» **MATERIAL SUPPLIED**

——————

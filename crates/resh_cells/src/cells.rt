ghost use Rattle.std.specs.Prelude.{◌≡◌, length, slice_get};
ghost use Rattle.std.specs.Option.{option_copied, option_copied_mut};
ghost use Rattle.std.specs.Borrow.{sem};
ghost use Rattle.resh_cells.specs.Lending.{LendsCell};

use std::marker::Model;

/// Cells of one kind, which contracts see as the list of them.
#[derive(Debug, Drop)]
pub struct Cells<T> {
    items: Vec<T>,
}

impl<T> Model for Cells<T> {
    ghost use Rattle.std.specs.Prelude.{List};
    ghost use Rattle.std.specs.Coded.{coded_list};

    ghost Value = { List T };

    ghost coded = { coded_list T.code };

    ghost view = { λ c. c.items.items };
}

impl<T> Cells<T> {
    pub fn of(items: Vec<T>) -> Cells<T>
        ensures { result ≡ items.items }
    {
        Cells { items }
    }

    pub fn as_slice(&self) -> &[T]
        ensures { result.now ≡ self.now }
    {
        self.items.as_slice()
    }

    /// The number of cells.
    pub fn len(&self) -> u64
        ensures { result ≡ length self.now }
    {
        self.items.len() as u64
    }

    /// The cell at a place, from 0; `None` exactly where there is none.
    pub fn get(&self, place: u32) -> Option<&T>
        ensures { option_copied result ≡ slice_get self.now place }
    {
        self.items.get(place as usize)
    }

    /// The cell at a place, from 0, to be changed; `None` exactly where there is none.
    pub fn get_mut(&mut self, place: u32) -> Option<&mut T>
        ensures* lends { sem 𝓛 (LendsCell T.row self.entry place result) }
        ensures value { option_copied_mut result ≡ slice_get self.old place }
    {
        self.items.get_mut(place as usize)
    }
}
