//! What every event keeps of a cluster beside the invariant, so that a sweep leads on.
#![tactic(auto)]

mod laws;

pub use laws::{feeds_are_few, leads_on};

——————

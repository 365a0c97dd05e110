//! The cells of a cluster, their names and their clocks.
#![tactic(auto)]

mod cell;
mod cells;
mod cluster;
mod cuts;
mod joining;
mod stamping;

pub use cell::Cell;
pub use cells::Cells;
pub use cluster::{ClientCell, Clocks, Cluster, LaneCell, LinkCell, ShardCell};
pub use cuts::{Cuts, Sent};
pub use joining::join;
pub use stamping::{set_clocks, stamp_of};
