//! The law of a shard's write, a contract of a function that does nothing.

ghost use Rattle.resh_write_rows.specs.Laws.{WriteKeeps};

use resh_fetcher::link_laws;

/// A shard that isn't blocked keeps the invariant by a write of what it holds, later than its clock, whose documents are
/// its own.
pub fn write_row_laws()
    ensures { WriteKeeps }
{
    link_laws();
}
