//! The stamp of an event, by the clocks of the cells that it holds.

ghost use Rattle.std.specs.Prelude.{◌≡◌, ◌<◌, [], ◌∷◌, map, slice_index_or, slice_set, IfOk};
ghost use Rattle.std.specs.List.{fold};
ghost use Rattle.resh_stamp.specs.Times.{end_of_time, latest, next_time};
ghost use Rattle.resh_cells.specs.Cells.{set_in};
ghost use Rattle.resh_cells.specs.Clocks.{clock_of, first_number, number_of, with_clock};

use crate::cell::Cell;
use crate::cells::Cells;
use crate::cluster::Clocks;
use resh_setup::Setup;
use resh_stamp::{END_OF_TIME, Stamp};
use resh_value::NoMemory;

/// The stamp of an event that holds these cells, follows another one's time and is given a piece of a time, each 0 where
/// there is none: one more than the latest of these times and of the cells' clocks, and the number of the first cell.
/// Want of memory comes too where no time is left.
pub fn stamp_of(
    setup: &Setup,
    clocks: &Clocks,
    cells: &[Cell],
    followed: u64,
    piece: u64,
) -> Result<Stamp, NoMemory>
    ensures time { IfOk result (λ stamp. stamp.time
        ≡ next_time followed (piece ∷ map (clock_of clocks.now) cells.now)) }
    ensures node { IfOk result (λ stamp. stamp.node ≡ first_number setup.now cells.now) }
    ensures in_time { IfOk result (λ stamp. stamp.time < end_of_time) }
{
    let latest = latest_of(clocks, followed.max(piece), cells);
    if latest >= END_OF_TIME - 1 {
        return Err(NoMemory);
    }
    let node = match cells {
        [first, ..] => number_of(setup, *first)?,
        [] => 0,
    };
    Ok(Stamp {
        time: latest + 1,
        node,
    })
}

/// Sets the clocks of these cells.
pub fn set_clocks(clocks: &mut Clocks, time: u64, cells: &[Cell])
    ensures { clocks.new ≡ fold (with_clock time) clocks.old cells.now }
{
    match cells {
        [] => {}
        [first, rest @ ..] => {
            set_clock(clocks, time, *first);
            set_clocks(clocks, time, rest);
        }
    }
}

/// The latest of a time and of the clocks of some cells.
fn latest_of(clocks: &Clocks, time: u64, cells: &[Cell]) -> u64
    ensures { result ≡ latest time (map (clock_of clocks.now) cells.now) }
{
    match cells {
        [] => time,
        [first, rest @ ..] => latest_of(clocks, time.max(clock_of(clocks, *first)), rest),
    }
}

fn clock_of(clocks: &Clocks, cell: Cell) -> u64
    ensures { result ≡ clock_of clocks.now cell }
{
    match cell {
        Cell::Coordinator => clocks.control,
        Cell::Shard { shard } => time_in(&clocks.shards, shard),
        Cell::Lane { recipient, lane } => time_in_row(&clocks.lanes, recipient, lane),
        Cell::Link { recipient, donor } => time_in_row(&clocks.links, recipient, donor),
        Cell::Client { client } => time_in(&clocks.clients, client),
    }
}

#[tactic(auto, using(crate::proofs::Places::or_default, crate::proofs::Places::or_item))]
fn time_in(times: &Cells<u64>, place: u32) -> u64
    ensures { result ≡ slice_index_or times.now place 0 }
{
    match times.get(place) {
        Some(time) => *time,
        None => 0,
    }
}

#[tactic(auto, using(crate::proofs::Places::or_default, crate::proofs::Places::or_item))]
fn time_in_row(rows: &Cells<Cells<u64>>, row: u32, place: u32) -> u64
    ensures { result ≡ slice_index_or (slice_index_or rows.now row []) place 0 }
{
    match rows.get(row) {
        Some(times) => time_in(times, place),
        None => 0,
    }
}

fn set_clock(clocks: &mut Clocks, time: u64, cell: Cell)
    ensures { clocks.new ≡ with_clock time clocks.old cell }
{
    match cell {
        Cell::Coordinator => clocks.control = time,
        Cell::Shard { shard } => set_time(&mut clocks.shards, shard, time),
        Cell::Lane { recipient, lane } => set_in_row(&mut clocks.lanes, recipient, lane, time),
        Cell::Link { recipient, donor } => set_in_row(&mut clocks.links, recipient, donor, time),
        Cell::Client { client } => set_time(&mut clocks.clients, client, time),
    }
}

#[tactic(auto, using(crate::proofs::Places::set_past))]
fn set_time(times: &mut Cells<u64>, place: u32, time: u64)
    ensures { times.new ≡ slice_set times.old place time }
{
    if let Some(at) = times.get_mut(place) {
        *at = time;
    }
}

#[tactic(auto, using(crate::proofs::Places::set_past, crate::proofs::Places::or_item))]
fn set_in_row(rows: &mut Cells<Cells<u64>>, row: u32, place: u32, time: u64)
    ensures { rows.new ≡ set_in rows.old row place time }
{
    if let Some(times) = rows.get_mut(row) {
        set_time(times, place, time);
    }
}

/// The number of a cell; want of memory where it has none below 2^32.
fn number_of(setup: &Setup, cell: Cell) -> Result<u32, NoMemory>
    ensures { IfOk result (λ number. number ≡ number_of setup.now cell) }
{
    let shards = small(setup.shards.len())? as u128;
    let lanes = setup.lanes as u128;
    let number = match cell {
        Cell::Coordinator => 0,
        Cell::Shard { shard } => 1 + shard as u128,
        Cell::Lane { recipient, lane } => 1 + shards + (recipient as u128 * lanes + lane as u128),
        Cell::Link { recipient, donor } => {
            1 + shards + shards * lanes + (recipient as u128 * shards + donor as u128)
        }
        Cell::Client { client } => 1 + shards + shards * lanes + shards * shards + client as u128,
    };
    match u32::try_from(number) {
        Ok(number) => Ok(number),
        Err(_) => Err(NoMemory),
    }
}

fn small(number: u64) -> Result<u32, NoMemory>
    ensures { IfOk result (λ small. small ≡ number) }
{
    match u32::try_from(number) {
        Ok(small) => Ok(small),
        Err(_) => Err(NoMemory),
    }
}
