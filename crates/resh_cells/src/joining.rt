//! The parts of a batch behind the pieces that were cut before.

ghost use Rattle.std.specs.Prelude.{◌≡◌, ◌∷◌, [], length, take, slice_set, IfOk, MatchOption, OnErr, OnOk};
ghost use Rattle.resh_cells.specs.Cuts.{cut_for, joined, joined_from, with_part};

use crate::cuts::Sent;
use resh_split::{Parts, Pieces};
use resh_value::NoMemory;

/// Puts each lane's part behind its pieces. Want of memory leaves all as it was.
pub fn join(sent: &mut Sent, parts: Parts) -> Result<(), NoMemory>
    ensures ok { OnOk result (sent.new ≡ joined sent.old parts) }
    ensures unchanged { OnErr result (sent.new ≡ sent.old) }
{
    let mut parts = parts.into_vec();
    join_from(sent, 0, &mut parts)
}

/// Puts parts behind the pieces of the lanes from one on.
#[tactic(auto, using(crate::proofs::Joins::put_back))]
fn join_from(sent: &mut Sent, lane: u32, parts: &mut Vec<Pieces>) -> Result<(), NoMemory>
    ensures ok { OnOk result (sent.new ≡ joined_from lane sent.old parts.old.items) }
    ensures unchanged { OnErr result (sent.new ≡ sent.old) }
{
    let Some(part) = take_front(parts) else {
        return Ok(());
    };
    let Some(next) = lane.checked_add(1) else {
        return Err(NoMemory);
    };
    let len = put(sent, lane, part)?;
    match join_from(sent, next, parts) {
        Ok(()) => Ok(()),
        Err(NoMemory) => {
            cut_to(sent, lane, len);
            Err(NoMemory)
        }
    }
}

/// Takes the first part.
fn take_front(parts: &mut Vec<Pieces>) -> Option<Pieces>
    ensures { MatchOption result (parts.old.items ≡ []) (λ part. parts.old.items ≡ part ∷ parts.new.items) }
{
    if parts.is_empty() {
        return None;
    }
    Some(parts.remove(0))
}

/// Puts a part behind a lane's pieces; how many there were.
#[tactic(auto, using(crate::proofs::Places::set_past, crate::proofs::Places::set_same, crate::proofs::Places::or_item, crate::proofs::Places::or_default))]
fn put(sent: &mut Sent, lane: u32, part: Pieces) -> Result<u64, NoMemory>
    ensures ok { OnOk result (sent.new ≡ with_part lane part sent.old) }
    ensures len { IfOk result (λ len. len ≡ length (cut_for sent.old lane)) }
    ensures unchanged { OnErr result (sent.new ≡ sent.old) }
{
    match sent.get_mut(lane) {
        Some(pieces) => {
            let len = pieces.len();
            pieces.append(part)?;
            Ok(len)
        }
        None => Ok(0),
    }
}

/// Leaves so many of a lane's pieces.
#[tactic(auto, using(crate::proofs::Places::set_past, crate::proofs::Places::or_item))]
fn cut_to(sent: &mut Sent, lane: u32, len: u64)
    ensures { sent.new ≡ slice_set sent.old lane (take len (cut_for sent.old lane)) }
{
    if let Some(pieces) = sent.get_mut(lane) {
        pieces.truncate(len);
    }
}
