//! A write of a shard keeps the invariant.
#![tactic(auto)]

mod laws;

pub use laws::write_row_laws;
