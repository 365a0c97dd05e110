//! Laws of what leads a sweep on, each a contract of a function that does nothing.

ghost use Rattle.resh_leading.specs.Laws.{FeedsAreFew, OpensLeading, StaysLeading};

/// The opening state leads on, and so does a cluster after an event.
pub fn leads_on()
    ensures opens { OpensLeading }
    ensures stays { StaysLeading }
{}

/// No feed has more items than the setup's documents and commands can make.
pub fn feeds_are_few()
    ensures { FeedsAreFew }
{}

——————

What lines of the listing above hold "rest"? Copy all of them.

        [first, rest @ ..] => {
            set_clocks(clocks, time, rest);
        [first, rest @ ..] => latest_of(clocks, time.max(clock_of(clocks, *first)), rest),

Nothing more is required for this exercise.